What are tied Embeddings

nlp

embeddings

pytorch

Minimal explanation of tied embeddings in language models with a compact real-model demo.

Published

September 17, 2025

Tied embeddings (or weight tying) is a small but powerful trick in language models. The idea is to use the same matrix for both the input token embedding and the output softmax layer. This reduces parameters and often improves perplexity.

The trick was introduced in 2017 (Press & Wolf; Inan et al.), and it was already applied in the original Attention Is All You Need Transformer.

Many popular models such as GPT-2 and BERT also use tied embeddings. However, not all open-source LLMs adopt this practice. For example, LLaMA and Mistral ship with tie_word_embeddings = False in their reference implementations.

A real example

To see tied embeddings in action, let’s look at TinyLlama 1.1B.
It is small enough to load on a laptop, but large enough that parameter savings are obvious.

First, we load the model as-is:

from transformers import AutoTokenizer, AutoModelForCausalLM
import torch

def count_params(model):
    return sum(p.numel() for p in model.parameters())

def count_unique_params(model):
    seen = set()
    total = 0
    for p in model.parameters():
        ptr = p.data_ptr()
        if ptr not in seen:
            seen.add(ptr)
            total += p.numel()
    return total

def embeddings_share_storage(model):
    out = model.get_output_embeddings()
    inp = model.get_input_embeddings()
    return out is not None and inp is not None and out.weight.data_ptr() == inp.weight.data_ptr()

model_id = "TinyLlama/TinyLlama-1.1B-Chat-v1.0"

baseline = AutoModelForCausalLM.from_pretrained(model_id)
print("Baseline params:", count_params(baseline))
print("Unique params  :", count_unique_params(baseline))
print("Embeddings tied?", embeddings_share_storage(baseline))

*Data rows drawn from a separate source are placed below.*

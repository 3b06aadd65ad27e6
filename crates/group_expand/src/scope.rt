use crate::area::Areas;
use crate::object::Object;
use spoc_base::HostId;
use std::alloc::Global;
use topology::Topo;
use zone_graph::ZoneGraph;

/// Where the names in sets are looked up: the policy, its zones and areas, the hosts of each
/// network, the set of each group, and what the service names as its user.
#[derive(Clone, Copy)]
pub(crate) struct Scope<'a> {
    pub alloc: Global,
    pub topo: Topo<'a>,
    pub graph: &'a ZoneGraph,
    pub areas: &'a Areas,
    pub hosts: &'a [Vec<HostId>],
    pub groups: &'a [Vec<Object>],
    pub user: &'a [Object],
}

/// What there is before the sets of groups are made.
#[derive(Clone, Copy)]
pub(crate) struct Base<'a> {
    pub alloc: Global,
    pub topo: Topo<'a>,
    pub graph: &'a ZoneGraph,
    pub areas: &'a Areas,
    pub hosts: &'a [Vec<HostId>],
}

Baseline params: 1100048384
Unique params  : 1100048384
Embeddings tied? False

By default the model loads with separate weights for the input embeddings and the output head. Conceptually the large vocabulary matrix exists twice. Frameworks can report similar totals when modules share a parameter, so we also report a unique parameter count to make the saving explicit.

Let’s now tie the embeddings and check the parameter counts again.

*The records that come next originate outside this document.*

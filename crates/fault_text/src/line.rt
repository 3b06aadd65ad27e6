ghost use Rattle.std.specs.Prelude.{◌≡◌, ◌++◌, ◌^◌, ◌<◌, IfOk, map, codes, length};
ghost use Rattle.std.specs.Fmt.{decimal};
ghost use Rattle.fault_text.specs.Texts.{pair_of, source_at, part_of, text_at, value_text, kind_word, named_word, bare_name, name_under, name_text, names_text};
ghost use Rattle.fault_text.specs.Texts.{hop_text, limit_word, place_text, fault_word, detail_text, things_text, fault_line};

use spoc_base::{Fault, HopAt, Kind, LimitWord, Named, NoMemory, Source, Span, Text};
use std::alloc::Global;

// The path of a source, and nothing where there is none.
fn path_at(sources: &[Source], file: u32) -> &[u8]
    ensures { result.now ≡ (source_at (map pair_of sources.now) file).0 }
{
    match sources.get(file as usize) {
        Some(source) => source.path.bytes(),
        None => b"",
    }
}

// The bytes of a source, and nothing where there is none.
fn bytes_at(sources: &[Source], file: u32) -> &[u8]
    ensures { result.now ≡ (source_at (map pair_of sources.now) file).1 }
{
    match sources.get(file as usize) {
        Some(source) => source.text.bytes(),
        None => b"",
    }
}

// The part of a text from one byte to before another.
fn part_of(text: &[u8], start: usize, end: usize) -> &[u8]
    ensures { result.now ≡ part_of text.now start end }
{
    if start <= end && end <= text.len() {
        &text[start..end]
    } else {
        b""
    }
}

// The bytes of a span.
fn text_at(sources: &[Source], span: Span) -> &[u8]
    ensures { result.now ≡ text_at (map pair_of sources.now) span }
{
    part_of(
        bytes_at(sources, span.file),
        span.start as usize,
        span.end as usize,
    )
}

// Adds a value, with a blank before it.
fn add_value(line: &mut Vec<u8>, value: &[u8]) -> Result<(), NoMemory>
    ensures { IfOk result (λ _. line.new.items ≡ line.old.items ++ value_text value.now) }
{
    line.extend_from_slice(b" ")?;
    line.extend_from_slice(value)?;
    Ok(())
}

// The word that stands before a name of a kind.
fn kind_word(kind: Kind) -> &'static [u8]
    ensures { result.now ≡ kind_word kind }
{
    match kind {
        Kind::Network => b"network",
        Kind::Host => b"host",
        Kind::Router => b"router",
        Kind::Group => b"group",
        Kind::Area => b"area",
        Kind::Aggregate => b"any",
        Kind::Protocol => b"protocol",
        Kind::ProtocolGroup => b"protocolgroup",
        Kind::Restriction => b"pathrestriction",
        Kind::Service => b"service",
        Kind::Tag => b"nat",
        Kind::Zone => b"zone",
    }
}

// The word that stands before the name of a thing.
fn named_word(name: Named) -> &'static [u8]
    ensures { result.now ≡ named_word name }
{
    match name {
        Named::Plain(kind, _) => kind_word(kind),
        Named::Iface(_, _) => b"interface",
    }
}

// Adds a thing's name alone.
fn add_bare_name(line: &mut Vec<u8>, sources: &[Source], name: Named) -> Result<(), NoMemory>
    ensures { IfOk result (λ _. line.new.items ≡ line.old.items ++ bare_name (map pair_of sources.now) name) }
{
    match name {
        Named::Plain(_, name) => line.extend_from_slice(text_at(sources, name))?,
        Named::Iface(router, net) => {
            line.extend_from_slice(text_at(sources, router))?;
            line.extend_from_slice(b".")?;
            line.extend_from_slice(text_at(sources, net))?;
        }
    }
    Ok(())
}

// Adds a thing under a word, as in `network:n1`.
fn add_name_under(
    line: &mut Vec<u8>,
    word: &[u8],
    sources: &[Source],
    name: Named,
) -> Result<(), NoMemory>
    ensures { IfOk result (λ _. line.new.items ≡ line.old.items ++ name_under word.now (map pair_of sources.now) name) }
{
    add_value(line, word)?;
    line.extend_from_slice(b":")?;
    add_bare_name(line, sources, name)
}

// Adds a thing by its own word.
fn add_name(line: &mut Vec<u8>, sources: &[Source], name: Named) -> Result<(), NoMemory>
    ensures { IfOk result (λ _. line.new.items ≡ line.old.items ++ name_text (map pair_of sources.now) name) }
{
    add_name_under(line, named_word(name), sources, name)
}

// Adds things, each by its own word.
fn add_names(line: &mut Vec<u8>, sources: &[Source], names: &[Named]) -> Result<(), NoMemory>
    ensures { IfOk result (λ _. line.new.items ≡ line.old.items ++ names_text (map pair_of sources.now) names.now) }
{
    for name in names {
        add_name(line, sources, *name)?;
    }
    Ok(())
}

// Adds a hop: the next interface, or the one that leads straight into the network.
fn add_hop(line: &mut Vec<u8>, sources: &[Source], hop: HopAt) -> Result<(), NoMemory>
    ensures { IfOk result (λ _. line.new.items ≡ line.old.items ++ hop_text (map pair_of sources.now) hop) }
{
    match hop {
        HopAt::Next(iface) => add_name(line, sources, iface),
        HopAt::Direct(iface) => add_name_under(line, b"direct", sources, iface),
    }
}

// What a limit holds for.
fn limit_word(what: LimitWord) -> &'static [u8]
    ensures { result.now ≡ limit_word what }
{
    match what {
        LimitWord::Networks => b"networks",
        LimitWord::Routers => b"routers",
        LimitWord::Interfaces => b"interfaces",
        LimitWord::Hosts => b"hosts",
        LimitWord::Services => b"services",
        LimitWord::Names => b"names",
        LimitWord::Nesting => b"nesting",
    }
}

// Adds a place: the path of its file and the offset.
fn add_place(
    line: &mut Vec<u8>,
    alloc: Global,
    sources: &[Source],
    file: u32,
    offset: u32,
) -> Result<(), NoMemory>
    ensures { IfOk result (λ _. line.new.items ≡ line.old.items ++ place_text (map pair_of sources.now) file offset) }
{
    add_value(line, path_at(sources, file))?;
    let number = format!(in alloc; "{offset}")?;
    add_value(line, number.as_bytes())?;
    Ok(())
}

// Adds the number of a rule for the parts of a declaration.
fn add_rule(line: &mut Vec<u8>, alloc: Global, k: u8) -> Result<(), NoMemory>
    ensures { IfOk result (λ _. line.new.items ≡ line.old.items ++ value_text (codes "S" ++ decimal k)) }
{
    let rule = format!(in alloc; "S{k}")?;
    add_value(line, rule.as_bytes())
}

// The words that name a fault.
fn fault_word(fault: Fault) -> &'static [u8]
    ensures { result.now ≡ fault_word fault }
{
    match fault {
        Fault::Lex { .. } => b"Lex",
        Fault::LeftOut { .. } => b"LeftOut",
        Fault::Deep { .. } => b"Deep",
        Fault::Syntax { .. } => b"Syntax",
        Fault::Twice { .. } => b"Twice",
        Fault::Unknown { .. } => b"Unknown",
        Fault::Circle { .. } => b"Circle",
        Fault::Shape { .. } => b"Shape",
        Fault::Limit { .. } => b"Limit",
        Fault::AreaSplit { .. } => b"AreaSplit",
        Fault::NatConflict { .. } => b"NatConflict",
        Fault::NatTwice { .. } => b"NatTwice",
        Fault::NatInside { .. } => b"NatInside",
        Fault::LimitViews => b"Limit views",
        Fault::SamePrefix { .. } => b"SamePrefix",
        Fault::HostShadowed { .. } => b"HostShadowed",
        Fault::ManagedEnd { .. } => b"ManagedEnd",
        Fault::LimitPermits => b"Limit permits",
        Fault::NoPath { .. } => b"NoPath",
        Fault::HiddenEnd { .. } => b"HiddenEnd",
        Fault::LimitLines => b"Limit lines",
        Fault::LimitRoutes => b"Limit routes",
        Fault::NoHopAddress { .. } => b"NoHopAddress",
        Fault::AmbiguousHop { .. } => b"AmbiguousHop",
    }
}

// Adds what a fault tells before it names things: a place, a rule or a word.
fn add_detail(
    line: &mut Vec<u8>,
    alloc: Global,
    sources: &[Source],
    fault: Fault,
) -> Result<(), NoMemory>
    ensures { IfOk result (λ _. line.new.items ≡ line.old.items ++ detail_text (map pair_of sources.now) fault) }
{
    match fault {
        Fault::Lex { file, offset }
        | Fault::Deep { file, offset }
        | Fault::Syntax { file, offset } => add_place(line, alloc, sources, file, offset),
        Fault::LeftOut { file, offset, word } => {
            add_place(line, alloc, sources, file, offset)?;
            add_value(line, text_at(sources, word))
        }
        Fault::Shape { k, .. } => add_rule(line, alloc, k),
        Fault::Limit { what } => add_value(line, limit_word(what)),
        _ => Ok(()),
    }
}

// Adds the things that a fault names, and its hops.
fn add_things(line: &mut Vec<u8>, sources: &[Source], fault: Fault) -> Result<(), NoMemory>
    ensures { IfOk result (λ _. line.new.items ≡ line.old.items ++ things_text (map pair_of sources.now) fault) }
{
    match fault {
        Fault::Twice { name }
        | Fault::Unknown { name }
        | Fault::Circle { name }
        | Fault::Shape { name, .. } => add_names(line, sources, &[name]),
        Fault::AreaSplit { area, border } => add_names(line, sources, &[area, border]),
        Fault::NatConflict { tag, zone } => add_names(line, sources, &[tag, zone]),
        Fault::NatTwice {
            net,
            zone,
            first,
            second,
        } => { add_names(line, sources, &[net, zone, first, second]) }
        Fault::NatInside { net, tag } => add_names(line, sources, &[net, tag]),
        Fault::SamePrefix { first, second, at } => add_names(line, sources, &[first, second, at]),
        Fault::HostShadowed { name, net, at } => add_names(line, sources, &[name, net, at]),
        Fault::ManagedEnd { service, iface } => add_names(line, sources, &[service, iface]),
        Fault::NoPath { src, dst } => add_names(line, sources, &[src, dst]),
        Fault::HiddenEnd {
            src,
            dst,
            net,
            zone,
        } => { add_names(line, sources, &[src, dst, net, zone]) }
        Fault::NoHopAddress { router, net, iface } => {
            add_names(line, sources, &[router, net, iface])
        }
        Fault::AmbiguousHop {
            router,
            net,
            first,
            second,
        } => {
            add_names(line, sources, &[router, net])?;
            add_hop(line, sources, first)?;
            add_hop(line, sources, second)
        }
        _ => Ok(()),
    }
}

/// The line of a policy that is refused, as `fault NoPath network:n1 network:n2` and a line feed.
pub fn fault_line(alloc: Global, fault: Fault, sources: &[Source]) -> Result<Text, NoMemory>
    ensures { IfOk result (λ text. text ≡ fault_line (map pair_of sources.now) fault) }
{
    let mut line = Vec::from_slice(alloc, b"fault ")?;
    line.extend_from_slice(fault_word(fault))?;
    add_detail(&mut line, alloc, sources, fault)?;
    add_things(&mut line, sources, fault)?;
    line.extend_from_slice(b"\n")?;
    Text::of(alloc, &line)
}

tied = AutoModelForCausalLM.from_pretrained(model_id)

# tie input and output embeddings
tied.get_output_embeddings().weight = tied.get_input_embeddings().weight
if hasattr(tied, "tie_weights"):
    tied.tie_weights()

print("Tied params   :", count_params(tied))
print("Unique params :", count_unique_params(tied))
print("Embeddings tied?", embeddings_share_storage(tied))

Tied params   : 1034512384
Unique params : 1034512384
Embeddings tied? True

Now the input and output embeddings share the same storage.
The unique parameter count drops by about V × D, where V is the vocabulary size and D the embedding dimension.
In TinyLlama this means a saving of over 300 million parameters — the size of the embedding matrix — without changing the model’s behaviour. Let’s double check whether this assumption holds water:

V, D = baseline.get_input_embeddings().weight.shape
expected = V * D
observed = count_unique_params(baseline) - count_unique_params(tied)
print(f"Vocabulary size V={V}, embedding dim D={D}")
print(f"Expected saving  : {expected:,}")
print(f"Observed saving  : {observed:,}")

Vocabulary size V=32000, embedding dim D=2048
Expected saving  : 65,536,000
Observed saving  : 65,536,000

This simple one line change makes the model leaner, saving memory and compute. The table below summarises the effect on parameter size:

Model	Total params	Unique params	Embeddings tied
Baseline	1,100,048,384	1,100,048,384	No
Tied	1,034,512,384	1,034,512,384	Yes

Saving: 65,536,000 parameters (= V × D = 32,000 × 2,048).

That is why tied embeddings are a default in many architectures, even if some modern open source models leave them disabled. In practice, teams may keep embeddings untied to allocate capacity differently and retain architectural flexibility.